(INFORMATION Opens)
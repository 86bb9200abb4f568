// Why a script is refused, told on standard error as `FILE:LINE:COLUMN: TEXT`.

ghost use Rattle.line_player.specs.Answers.{HasPlayed};
ghost use Rattle.line_player.specs.PlayedLines.{Played};

use crate::fault::Fault;
use crate::lines::is_among;
use crate::printout::Printout;
use fault_texts::{explain, explain_end};
use grade_reports::Visible;
use line_player::LinePlayer;
use script_language::Cause;
use script_reader::{first_field, trim_return};
use std::fmt;

/// Where a line of a script is, as `FILE:LINE`.
#[derive(Clone, Copy)]
pub struct Place<'a> {
    pub file: &'a str,
    /// The number of the line, from 1.
    pub line: u64,
}

impl fmt::Display for Place<'_> {
    fn fmt<W: fmt::Write>(&self, f: &mut fmt::Formatter<W>) -> fmt::Result {
        let (file, line) = (Visible(self.file), self.line);
        write!(f, "{file}:{line}")
    }
}

/// The words of lines for a reference MMU that no script of a machine has.
static MMU_WORDS: [&[u8]; 7] = [
    b"ram", b"mem", b"satp", b"sfence", b"status", b"pmp", b"profile",
];

/// Whether a line is for a reference MMU.
fn is_for_mmu(line: &[u8]) -> bool {
    match first_field(line) {
        Some((word, _)) => is_among(MMU_WORDS.as_slice(), word),
        None => false,
    }
}

/// Tells why a line is refused.
pub fn tell_refused(
    out: &mut Printout,
    place: Place<'_>,
    player: &LinePlayer,
    line: &[u8],
    cause: Cause,
) {
    let Ok(mistake) = explain(out.allocator(), player.draft(), trim_return(line), cause) else {
        return out.fail(Fault::Memory);
    };
    let text = mistake.text.as_str();
    match mistake.column {
        Some(column) => out.tell(format_args!("{place}:{column}: {text}\n")),
        None => out.tell(format_args!("{place}: {text}\n")),
    }
    if is_for_mmu(line) {
        let file = Visible(place.file);
        writeln!(
            &mut out.err,
            "this is a line for a reference MMU: xv6lab mmu {file}"
        );
    }
}

/// Tells that a script has no `boot`, if that is so.
pub fn tell_end(out: &mut Printout, file: &str, player: &LinePlayer, lines: u64)
    requires played { (s : Played) × HasPlayed player.now s }
{
    if player.machine().is_some() {
        return;
    }
    let place = Place {
        file,
        line: lines.saturating_add(1),
    };
    let text = explain_end();
    out.tell(format_args!("{place}: {text}\n"))
}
(INFORMATION Closes)
- REQUIRED ACTION
Reproduce exactly the lines of the records above from the one with "a reference MMU." to the one with "pub fn tell_end(out: &mut", both included, and leave out everything else.

- ANSWER TO THIS TASK
/// Whether a line is for a reference MMU.
fn is_for_mmu(line: &[u8]) -> bool {
    match first_field(line) {
        Some((word, _)) => is_among(MMU_WORDS.as_slice(), word),
        None => false,
    }
}

/// Tells why a line is refused.
pub fn tell_refused(
    out: &mut Printout,
    place: Place<'_>,
    player: &LinePlayer,
    line: &[u8],
    cause: Cause,
) {
    let Ok(mistake) = explain(out.allocator(), player.draft(), trim_return(line), cause) else {
        return out.fail(Fault::Memory);
    };
    let text = mistake.text.as_str();
    match mistake.column {
        Some(column) => out.tell(format_args!("{place}:{column}: {text}\n")),
        None => out.tell(format_args!("{place}: {text}\n")),
    }
    if is_for_mmu(line) {
        let file = Visible(place.file);
        writeln!(
            &mut out.err,
            "this is a line for a reference MMU: xv6lab mmu {file}"
        );
    }
}

/// Tells that a script has no `boot`, if that is so.
pub fn tell_end(out: &mut Printout, file: &str, player: &LinePlayer, lines: u64)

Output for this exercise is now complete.